Given data:

Start of Block

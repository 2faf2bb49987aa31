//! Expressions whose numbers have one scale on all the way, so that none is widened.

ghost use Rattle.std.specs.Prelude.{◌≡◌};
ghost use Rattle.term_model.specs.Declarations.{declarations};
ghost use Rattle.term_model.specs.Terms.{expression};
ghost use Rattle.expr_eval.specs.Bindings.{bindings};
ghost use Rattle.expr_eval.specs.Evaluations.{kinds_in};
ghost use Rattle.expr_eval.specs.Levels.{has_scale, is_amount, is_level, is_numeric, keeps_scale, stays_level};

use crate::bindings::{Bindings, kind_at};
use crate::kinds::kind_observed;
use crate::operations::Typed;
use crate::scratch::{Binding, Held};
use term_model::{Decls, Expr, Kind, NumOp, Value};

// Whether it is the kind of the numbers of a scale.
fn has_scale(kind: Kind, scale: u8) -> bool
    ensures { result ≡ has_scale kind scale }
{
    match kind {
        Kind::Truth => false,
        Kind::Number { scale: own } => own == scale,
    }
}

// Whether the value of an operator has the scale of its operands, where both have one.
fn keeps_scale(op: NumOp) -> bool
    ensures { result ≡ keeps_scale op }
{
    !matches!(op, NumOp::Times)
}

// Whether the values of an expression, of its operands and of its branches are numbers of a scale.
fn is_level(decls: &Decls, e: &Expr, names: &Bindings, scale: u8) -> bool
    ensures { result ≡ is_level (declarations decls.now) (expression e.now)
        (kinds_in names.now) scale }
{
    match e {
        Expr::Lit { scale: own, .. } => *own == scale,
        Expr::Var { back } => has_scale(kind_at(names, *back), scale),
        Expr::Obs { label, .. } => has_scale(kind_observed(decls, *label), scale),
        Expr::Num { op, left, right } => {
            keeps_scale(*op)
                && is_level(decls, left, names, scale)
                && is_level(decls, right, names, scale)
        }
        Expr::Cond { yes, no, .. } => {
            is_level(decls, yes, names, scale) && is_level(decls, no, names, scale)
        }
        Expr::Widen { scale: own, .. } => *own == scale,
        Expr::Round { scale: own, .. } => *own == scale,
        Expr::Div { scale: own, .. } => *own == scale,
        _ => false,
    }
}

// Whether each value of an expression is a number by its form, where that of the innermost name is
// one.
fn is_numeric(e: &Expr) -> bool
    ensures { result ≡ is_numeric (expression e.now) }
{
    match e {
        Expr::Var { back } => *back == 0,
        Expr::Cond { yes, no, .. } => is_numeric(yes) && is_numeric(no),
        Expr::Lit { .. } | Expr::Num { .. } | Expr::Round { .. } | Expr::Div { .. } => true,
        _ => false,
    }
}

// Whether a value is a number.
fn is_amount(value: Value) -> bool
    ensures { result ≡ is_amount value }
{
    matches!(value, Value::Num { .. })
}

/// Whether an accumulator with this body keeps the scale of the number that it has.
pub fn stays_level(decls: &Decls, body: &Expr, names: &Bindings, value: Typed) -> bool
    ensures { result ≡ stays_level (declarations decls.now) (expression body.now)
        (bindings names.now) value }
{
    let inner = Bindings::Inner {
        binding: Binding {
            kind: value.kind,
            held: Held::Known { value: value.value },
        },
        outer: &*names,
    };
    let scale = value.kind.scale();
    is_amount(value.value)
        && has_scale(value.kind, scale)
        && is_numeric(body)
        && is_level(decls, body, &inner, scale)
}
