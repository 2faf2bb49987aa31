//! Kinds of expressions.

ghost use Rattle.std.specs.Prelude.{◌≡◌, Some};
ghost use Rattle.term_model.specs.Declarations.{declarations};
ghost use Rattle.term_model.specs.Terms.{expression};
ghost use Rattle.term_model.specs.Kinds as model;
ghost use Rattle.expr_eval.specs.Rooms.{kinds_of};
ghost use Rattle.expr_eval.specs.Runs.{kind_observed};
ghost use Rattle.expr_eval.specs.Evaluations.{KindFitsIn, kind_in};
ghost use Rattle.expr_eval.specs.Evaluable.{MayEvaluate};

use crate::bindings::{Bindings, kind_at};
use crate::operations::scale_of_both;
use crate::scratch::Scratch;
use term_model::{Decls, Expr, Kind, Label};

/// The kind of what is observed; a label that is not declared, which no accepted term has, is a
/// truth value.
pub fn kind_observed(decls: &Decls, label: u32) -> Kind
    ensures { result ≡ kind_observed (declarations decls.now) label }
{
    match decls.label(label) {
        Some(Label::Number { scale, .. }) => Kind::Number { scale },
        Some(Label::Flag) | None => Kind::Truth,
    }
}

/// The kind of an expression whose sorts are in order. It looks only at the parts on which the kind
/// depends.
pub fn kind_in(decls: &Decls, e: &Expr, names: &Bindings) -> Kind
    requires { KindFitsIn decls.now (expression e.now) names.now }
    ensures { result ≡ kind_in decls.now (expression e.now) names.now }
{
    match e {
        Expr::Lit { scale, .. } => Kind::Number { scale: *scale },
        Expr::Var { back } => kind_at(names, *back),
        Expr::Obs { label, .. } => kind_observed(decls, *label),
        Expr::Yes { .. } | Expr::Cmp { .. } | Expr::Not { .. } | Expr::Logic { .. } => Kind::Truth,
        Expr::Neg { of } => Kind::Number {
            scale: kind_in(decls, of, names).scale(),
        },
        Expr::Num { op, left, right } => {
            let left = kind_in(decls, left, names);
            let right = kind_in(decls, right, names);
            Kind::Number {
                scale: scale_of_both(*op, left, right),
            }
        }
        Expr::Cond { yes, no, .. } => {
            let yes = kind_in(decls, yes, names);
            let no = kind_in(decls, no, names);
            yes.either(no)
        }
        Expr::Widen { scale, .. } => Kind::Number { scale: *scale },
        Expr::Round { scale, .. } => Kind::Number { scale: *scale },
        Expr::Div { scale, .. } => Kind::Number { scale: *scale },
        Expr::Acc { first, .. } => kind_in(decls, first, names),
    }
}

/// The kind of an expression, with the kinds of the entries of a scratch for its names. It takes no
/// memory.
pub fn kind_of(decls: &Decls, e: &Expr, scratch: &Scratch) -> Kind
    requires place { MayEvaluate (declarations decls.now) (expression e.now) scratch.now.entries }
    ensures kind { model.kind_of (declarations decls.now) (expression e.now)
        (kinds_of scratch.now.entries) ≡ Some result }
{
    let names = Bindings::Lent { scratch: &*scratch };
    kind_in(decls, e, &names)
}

End of Block

Task instructions:
An exact reproduction of all the records is needed.

Exercise solution:
repository 2faf2bb49987aa31
//! Expressions whose numbers have one scale on all the way, so that none is widened.

ghost use Rattle.std.specs.Prelude.{◌≡◌};
ghost use Rattle.term_model.specs.Declarations.{declarations};
ghost use Rattle.term_model.specs.Terms.{expression};
ghost use Rattle.expr_eval.specs.Bindings.{bindings};
ghost use Rattle.expr_eval.specs.Evaluations.{kinds_in};
ghost use Rattle.expr_eval.specs.Levels.{has_scale, is_amount, is_level, is_numeric, keeps_scale, stays_level};

use crate::bindings::{Bindings, kind_at};
use crate::kinds::kind_observed;
use crate::operations::Typed;
use crate::scratch::{Binding, Held};
use term_model::{Decls, Expr, Kind, NumOp, Value};

// Whether it is the kind of the numbers of a scale.
fn has_scale(kind: Kind, scale: u8) -> bool
    ensures { result ≡ has_scale kind scale }
{
    match kind {
        Kind::Truth => false,
        Kind::Number { scale: own } => own == scale,
    }
}

// Whether the value of an operator has the scale of its operands, where both have one.
fn keeps_scale(op: NumOp) -> bool
    ensures { result ≡ keeps_scale op }
{
    !matches!(op, NumOp::Times)
}

// Whether the values of an expression, of its operands and of its branches are numbers of a scale.
fn is_level(decls: &Decls, e: &Expr, names: &Bindings, scale: u8) -> bool
    ensures { result ≡ is_level (declarations decls.now) (expression e.now)
        (kinds_in names.now) scale }
{
    match e {
        Expr::Lit { scale: own, .. } => *own == scale,
        Expr::Var { back } => has_scale(kind_at(names, *back), scale),
        Expr::Obs { label, .. } => has_scale(kind_observed(decls, *label), scale),
        Expr::Num { op, left, right } => {
            keeps_scale(*op)
                && is_level(decls, left, names, scale)
                && is_level(decls, right, names, scale)
        }
        Expr::Cond { yes, no, .. } => {
            is_level(decls, yes, names, scale) && is_level(decls, no, names, scale)
        }
        Expr::Widen { scale: own, .. } => *own == scale,
        Expr::Round { scale: own, .. } => *own == scale,
        Expr::Div { scale: own, .. } => *own == scale,
        _ => false,
    }
}

// Whether each value of an expression is a number by its form, where that of the innermost name is
// one.
fn is_numeric(e: &Expr) -> bool
    ensures { result ≡ is_numeric (expression e.now) }
{
    match e {
        Expr::Var { back } => *back == 0,
        Expr::Cond { yes, no, .. } => is_numeric(yes) && is_numeric(no),
        Expr::Lit { .. } | Expr::Num { .. } | Expr::Round { .. } | Expr::Div { .. } => true,
        _ => false,
    }
}

// Whether a value is a number.
fn is_amount(value: Value) -> bool
    ensures { result ≡ is_amount value }
{
    matches!(value, Value::Num { .. })
}

/// Whether an accumulator with this body keeps the scale of the number that it has.
pub fn stays_level(decls: &Decls, body: &Expr, names: &Bindings, value: Typed) -> bool
    ensures { result ≡ stays_level (declarations decls.now) (expression body.now)
        (bindings names.now) value }
{
    let inner = Bindings::Inner {
        binding: Binding {
            kind: value.kind,
            held: Held::Known { value: value.value },
        },
        outer: &*names,
    };
    let scale = value.kind.scale();
    is_amount(value.value)
        && has_scale(value.kind, scale)
        && is_numeric(body)
        && is_level(decls, body, &inner, scale)
}
repository 2faf2bb49987aa31
//! Kinds of expressions.

ghost use Rattle.std.specs.Prelude.{◌≡◌, Some};
ghost use Rattle.term_model.specs.Declarations.{declarations};
ghost use Rattle.term_model.specs.Terms.{expression};
ghost use Rattle.term_model.specs.Kinds as model;
ghost use Rattle.expr_eval.specs.Rooms.{kinds_of};
ghost use Rattle.expr_eval.specs.Runs.{kind_observed};
ghost use Rattle.expr_eval.specs.Evaluations.{KindFitsIn, kind_in};
ghost use Rattle.expr_eval.specs.Evaluable.{MayEvaluate};

use crate::bindings::{Bindings, kind_at};
use crate::operations::scale_of_both;
use crate::scratch::Scratch;
use term_model::{Decls, Expr, Kind, Label};

/// The kind of what is observed; a label that is not declared, which no accepted term has, is a
/// truth value.
pub fn kind_observed(decls: &Decls, label: u32) -> Kind
    ensures { result ≡ kind_observed (declarations decls.now) label }
{
    match decls.label(label) {
        Some(Label::Number { scale, .. }) => Kind::Number { scale },
        Some(Label::Flag) | None => Kind::Truth,
    }
}

/// The kind of an expression whose sorts are in order. It looks only at the parts on which the kind
/// depends.
pub fn kind_in(decls: &Decls, e: &Expr, names: &Bindings) -> Kind
    requires { KindFitsIn decls.now (expression e.now) names.now }
    ensures { result ≡ kind_in decls.now (expression e.now) names.now }
{
    match e {
        Expr::Lit { scale, .. } => Kind::Number { scale: *scale },
        Expr::Var { back } => kind_at(names, *back),
        Expr::Obs { label, .. } => kind_observed(decls, *label),
        Expr::Yes { .. } | Expr::Cmp { .. } | Expr::Not { .. } | Expr::Logic { .. } => Kind::Truth,
        Expr::Neg { of } => Kind::Number {
            scale: kind_in(decls, of, names).scale(),
        },
        Expr::Num { op, left, right } => {
            let left = kind_in(decls, left, names);
            let right = kind_in(decls, right, names);
            Kind::Number {
                scale: scale_of_both(*op, left, right),
            }
        }
        Expr::Cond { yes, no, .. } => {
            let yes = kind_in(decls, yes, names);
            let no = kind_in(decls, no, names);
            yes.either(no)
        }
        Expr::Widen { scale, .. } => Kind::Number { scale: *scale },
        Expr::Round { scale, .. } => Kind::Number { scale: *scale },
        Expr::Div { scale, .. } => Kind::Number { scale: *scale },
        Expr::Acc { first, .. } => kind_in(decls, first, names),
    }
}

/// The kind of an expression, with the kinds of the entries of a scratch for its names. It takes no
/// memory.
pub fn kind_of(decls: &Decls, e: &Expr, scratch: &Scratch) -> Kind
    requires place { MayEvaluate (declarations decls.now) (expression e.now) scratch.now.entries }
    ensures kind { model.kind_of (declarations decls.now) (expression e.now)
        (kinds_of scratch.now.entries) ≡ Some result }
{
    let names = Bindings::Lent { scratch: &*scratch };
    kind_in(decls, e, &names)
}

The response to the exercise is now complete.